Выставка Катерины Билокур была небольшой по объему, но пробыли мы на ней довольно долго. Каждую картину Зоя как будто пробовала на зубок и просмаковывала, а мне было приятно и интересно слушать ее. Однако сами по себе работы Билокур не произвели на меня особого впечатления — я не люблю живописной орнаменталистики, а здесь она цвела буйным цветом. Зоя уверяла меня, что я говорю так, потому что не знаю подлинного украинского искусства. Я, конечно, соглашался, что не знаю… И вдруг она говорит:

— А хотите, зайдем в один домашний музей? Там чего-чего только нет! Настоящая лавка древностей.

— Иконы, наверное?

— Не только. Там этнографический уклон — есть даже предметы трипольской культуры. Но ужасная бессистемность. Иван Афанасьевич собирает все подряд. Иногда ему попадаются жемчужные зерна — особенно среди икон.

— А кто он, этот Иван Афанасьевич?

— Вообще-то он скульптор. Но организовал у себя что-то вроде кружка следопытов или клуба по изучению старины. Кажется, сейчас его музей признан почти официально. Хотите — зайдем?

— Зоенька, вы просто добрый гений! Столько радостей в один день…

Домашний музей Ивана Афанасьевича искали мы довольно долго. За Лаврой расстилался сплошной массив садов, напоминающих пригород, а то и просто деревню. Зоя остановилась, видимо прикидывая, как лучше идти. А у меня мелькнула лукавая мысль: «Чего бы ей так уж долго размышлять-то? Что она, дорогу, что ли, не знает?»

Вокруг нас не было ни души. Позади возвышалась крепостная стена, опоясанная грунтовой дорогой — впрочем, кое-где были видны следы того, что некогда она была вымощена. Прямо перед нами шли бесконечные сады. Они начинались сразу за изгибом крепостной стены и тянулись вдоль обочины дороги, которая метрах в десяти правее нас имела небольшой отвилок. По другую сторону дороги расстилался холмистый, заросший пожелтевшим на солнце бурьяном пустырь… Зоя все стояла и прикидывала, как лучше добраться до Ивана Афанасьевича. Пауза затянулась. А я никак не мог уразуметь, чего здесь долго размышлять: перед нами единственная дорога и отвилок от нее. Значит, нужно идти либо туда, либо сюда. Однако моя спутница вдруг решила, что лучше всего идти садами. Меня это несколько смутило, но я решил довериться случаю.

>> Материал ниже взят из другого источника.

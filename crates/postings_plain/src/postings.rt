//! The hits of a term, read as they are asked for.

ghost use Rattle.std.specs.Prelude.{◌≡◌, ◌<◌, ◌^◌, length, IfSome, IfNone, All};
ghost use Rattle.std.specs.Ordering.{nat_cmp};
ghost use Rattle.std.specs.List.Sorted.{IsStrictlySortedBy};
ghost use Rattle.postings_plain.specs.Postings.{row_of, Entry, IsFileEntry, entry, hits_of};
ghost use Rattle.postings_plain.specs.Rows.{from_row, first_row, first_positions, first_hit, after_first, IsLeastFrom};
ghost use Rattle.postings_plain.specs.Reading.{IsEntry, rows_of_term_at, hits_or_none, AreHits};

use crate::blocks::{BlockStart, skip_skips, skips_of_rows};
use crate::entries::{count_hit, field_of, skip_hit, term_of};
use crate::format::Format;
use crate::positions::Positions;
use body_forms::{difference_of, positive_of};
use std::marker::Model;

/// The hits of a term that were not passed yet, seen as the list of them: each is a row and the positions in it. They are
/// lent from the file's bytes.
#[derive(Drop)]
pub struct Postings<'a> {
    field: u8,
    // The least row that may come next, how many hits are left, and the bytes that begin with them.
    least: u64,
    count: u32,
    rest: &'a [u8],
    // The next block, where the hits are in blocks.
    next: BlockStart<'a>,
}

impl<'a> Model for Postings<'a> {
    ghost use Rattle.std.specs.Prelude.{List, ◌≤◌, ◌^◌};
    ghost use Rattle.postings_plain.specs.Postings.{Hit};
    ghost use Rattle.postings_plain.specs.Reading.{counted_from_at, hits_or_none, AreHits};
    ghost use Rattle.postings_plain.specs.Blocks.{IsAhead};

    ghost Value = { List Hit };

    ghost view = { λ a. hits_or_none (counted_from_at a.field a.count a.least a.rest.now) };

    ghost invariant = { λ a. (a.least ≤ 2 ^ 32) × AreHits (counted_from_at a.field a.count a.least a.rest.now)
        × IsAhead a.field (hits_or_none (counted_from_at a.field a.count a.least a.rest.now))
        a.next };
}

impl<'a> Postings<'a> {
    /// The hits of an entry.
    pub(crate) fn of_entry(format: Format, item: &'a [u8]) -> Postings<'a>
        requires { IsEntry format item.now }
        ensures { (e : Entry) → IsFileEntry format e → item.now ≡ entry format e
            → result ≡ hits_of e }
    {
        match field_of(item) {
            Some((field, rest)) => match term_of(rest) {
                Some((_, rest)) => match positive_of(rest) {
                    Some((count, rest)) => Postings::counted(format, field, count, rest),
                    None => unreachable!(),
                },
                None => unreachable!(),
            },
            None => unreachable!(),
        }
    }

    // So many hits, whose skip entries the bytes begin with, and then the hits. The first block is still ahead.
    fn counted(format: Format, field: u8, count: u32, bytes: &'a [u8]) -> Postings<'a>
        requires { AreHits (rows_of_term_at format field count bytes.now) }
        ensures { result ≡ hits_or_none (rows_of_term_at format field count bytes.now) }
    {
        let blocks = skips_of_rows(format, count);
        match skip_skips(blocks, bytes) {
            Some(rows) => Postings {
                field,
                least: 0,
                count,
                rest: rows,
                next: BlockStart {
                    least: 0,
                    count: if blocks > 0 { count } else { 0 },
                    rest: rows,
                    skips: bytes,
                },
            },
            None => unreachable!(),
        }
    }

    /// Moves to the first row at or above this one, and says which it is. Rows that were passed do not come again: the rows
    /// below this one are passed, and the row that is found stays the first. A block that ends below the row is not read.
    pub fn next_from(&mut self, row: u32) -> Option<u32>
        ensures left { self.new ≡ from_row row self.old }
        ensures answer { result ≡ first_row (from_row row self.old) }
        ensures found { IfSome result (IsLeastFrom row self.old) }
        ensures none { IfNone result (All (λ h. row_of h < row) self.old) }
    {
        while self.count > 0 {
            if self.next.is_reached(self.count, row) {
                self.least = self.next.least;
                self.count = self.next.count;
                self.rest = self.next.rest;
                self.next = self.next.following();
                continue;
            }
            match skip_hit(self.field, self.least, self.rest) {
                Some((found, after)) => {
                    if found >= row {
                        return Some(found);
                    }
                    self.least = u64::from(found) + 1;
                    self.count -= 1;
                    self.rest = after;
                }
                None => unreachable!(),
            }
        }
        None
    }

    /// Takes the first hit that is left: says which row it is of and how many positions are in it, and passes it.
    #[inline(always)]
    pub fn next_hit(&mut self) -> Option<(u32, u32)>
        ensures answer { result ≡ first_hit self.old }
        ensures left { self.new ≡ after_first self.old }
        ensures above { IfSome result (λ hit. All (λ h. hit.0 < row_of h) self.new) }
    {
        while self.count > 0 {
            if self.next.is_reached(self.count, 0) {
                self.least = self.next.least;
                self.count = self.next.count;
                self.rest = self.next.rest;
                self.next = self.next.following();
                continue;
            }
            match count_hit(self.field, self.least, self.rest) {
                Some((row, count, after)) => {
                    self.least = u64::from(row) + 1;
                    self.count -= 1;
                    self.rest = after;
                    return Some((row, count));
                }
                None => unreachable!(),
            }
        }
        None
    }

    /// The positions of the word in the first row that is left: none where no row is left, and none for a key. They are lent
    /// from the file's bytes, and stay as the rows are passed.
    pub fn positions(&self) -> Positions<'a>
        ensures value { result ≡ first_positions self.now }
        ensures few { length result < 2 ^ 32 }
        ensures ascend { IsStrictlySortedBy nat_cmp result }
    {
        if self.count == 0 || self.field == 0 {
            return Positions::none(self.rest);
        }
        match difference_of(self.least, self.rest) {
            Some((_, after)) => Positions::counted(after),
            None => unreachable!(),
        }
    }
}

Между оградами садов петляла едва заметная тропинка. Зоя спорой походкой шла впереди, изредка останавливаясь и перепрыгивая канавки. Я поспешил за ней и, когда она замедляла шаг, едва не натыкался на нее. Я так увлекся ходьбой, что не замечал ничего вокруг. Глядя в землю, чтобы не оступиться, я все время видел перед собой мелькавшие впереди стройные ноги Зои.


…Если бы меня спросили об отличительной черте киевского уклада жизни, я назвал бы три признака: здесь любят добротно поесть, броско одеться, и третье знаменательное качество — это киевские женщины. Они ярки и колоритны, словно взлелеяны мягким климатом и обилием солнца. Впрочем, эта черта характерна и для самого Киева — с обширными массивами зелени, с просторным Днепром, с крепкими, справными строениями. В нем, как и вообще в южных городах, словно не пользуются смешанными красками и избегают полутонов — отсюда, видимо, и возникает этот сочный и насыщенный колорит.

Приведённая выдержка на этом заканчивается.